■ Task brief:
Starting at the top of the entries below, print each line exactly until the line with "pub fn new(index: u32) -> TagIndex" has been printed too.

Extracted data entries
------------------------------------
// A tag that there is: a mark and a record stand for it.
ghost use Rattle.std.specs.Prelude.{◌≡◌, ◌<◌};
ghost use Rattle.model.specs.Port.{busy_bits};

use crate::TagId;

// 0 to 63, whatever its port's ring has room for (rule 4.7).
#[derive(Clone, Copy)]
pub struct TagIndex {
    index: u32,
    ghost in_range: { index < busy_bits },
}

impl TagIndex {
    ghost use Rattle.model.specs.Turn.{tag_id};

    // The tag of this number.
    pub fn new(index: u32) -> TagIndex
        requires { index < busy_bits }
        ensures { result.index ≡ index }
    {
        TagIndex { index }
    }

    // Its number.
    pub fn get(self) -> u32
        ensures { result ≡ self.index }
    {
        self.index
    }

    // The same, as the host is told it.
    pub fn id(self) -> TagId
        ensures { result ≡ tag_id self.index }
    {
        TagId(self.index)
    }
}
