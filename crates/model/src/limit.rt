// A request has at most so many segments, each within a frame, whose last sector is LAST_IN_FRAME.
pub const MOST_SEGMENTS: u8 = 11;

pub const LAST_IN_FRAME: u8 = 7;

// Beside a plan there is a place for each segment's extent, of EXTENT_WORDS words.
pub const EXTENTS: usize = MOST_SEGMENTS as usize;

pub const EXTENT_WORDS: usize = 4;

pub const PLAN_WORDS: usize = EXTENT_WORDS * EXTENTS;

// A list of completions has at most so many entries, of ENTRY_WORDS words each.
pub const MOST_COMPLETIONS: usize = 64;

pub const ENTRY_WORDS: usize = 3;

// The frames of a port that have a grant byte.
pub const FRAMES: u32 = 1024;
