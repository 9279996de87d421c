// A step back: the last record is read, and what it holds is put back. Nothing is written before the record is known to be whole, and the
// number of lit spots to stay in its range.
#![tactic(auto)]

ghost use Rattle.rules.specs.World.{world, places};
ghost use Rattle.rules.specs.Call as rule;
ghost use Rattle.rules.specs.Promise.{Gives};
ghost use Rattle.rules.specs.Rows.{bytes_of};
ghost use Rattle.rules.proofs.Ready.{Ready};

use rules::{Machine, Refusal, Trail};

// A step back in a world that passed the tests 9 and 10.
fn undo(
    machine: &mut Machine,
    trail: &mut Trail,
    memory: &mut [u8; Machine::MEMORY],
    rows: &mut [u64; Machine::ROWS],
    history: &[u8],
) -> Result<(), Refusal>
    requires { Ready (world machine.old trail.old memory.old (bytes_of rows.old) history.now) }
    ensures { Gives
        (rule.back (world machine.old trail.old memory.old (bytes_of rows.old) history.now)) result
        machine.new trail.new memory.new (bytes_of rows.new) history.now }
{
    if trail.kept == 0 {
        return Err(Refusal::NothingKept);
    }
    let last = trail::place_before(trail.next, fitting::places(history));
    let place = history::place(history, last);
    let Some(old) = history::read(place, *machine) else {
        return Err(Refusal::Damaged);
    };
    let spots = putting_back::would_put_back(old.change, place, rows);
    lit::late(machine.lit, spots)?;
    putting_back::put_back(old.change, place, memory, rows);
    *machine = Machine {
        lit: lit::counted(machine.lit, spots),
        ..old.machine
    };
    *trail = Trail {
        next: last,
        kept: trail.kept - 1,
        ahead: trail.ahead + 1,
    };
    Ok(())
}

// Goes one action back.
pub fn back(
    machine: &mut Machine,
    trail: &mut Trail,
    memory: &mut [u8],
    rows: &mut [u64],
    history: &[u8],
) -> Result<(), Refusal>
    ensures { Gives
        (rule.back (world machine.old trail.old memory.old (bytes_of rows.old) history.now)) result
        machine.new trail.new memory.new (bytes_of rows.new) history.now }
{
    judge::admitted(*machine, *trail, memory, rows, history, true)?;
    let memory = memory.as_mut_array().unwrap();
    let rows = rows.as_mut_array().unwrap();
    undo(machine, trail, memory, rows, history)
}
------------------------------------
■ Exercise response:
// A tag that there is: a mark and a record stand for it.
ghost use Rattle.std.specs.Prelude.{◌≡◌, ◌<◌};
ghost use Rattle.model.specs.Port.{busy_bits};

use crate::TagId;

// 0 to 63, whatever its port's ring has room for (rule 4.7).
#[derive(Clone, Copy)]
pub struct TagIndex {
    index: u32,
    ghost in_range: { index < busy_bits },
}

impl TagIndex {
    ghost use Rattle.model.specs.Turn.{tag_id};

    // The tag of this number.
    pub fn new(index: u32) -> TagIndex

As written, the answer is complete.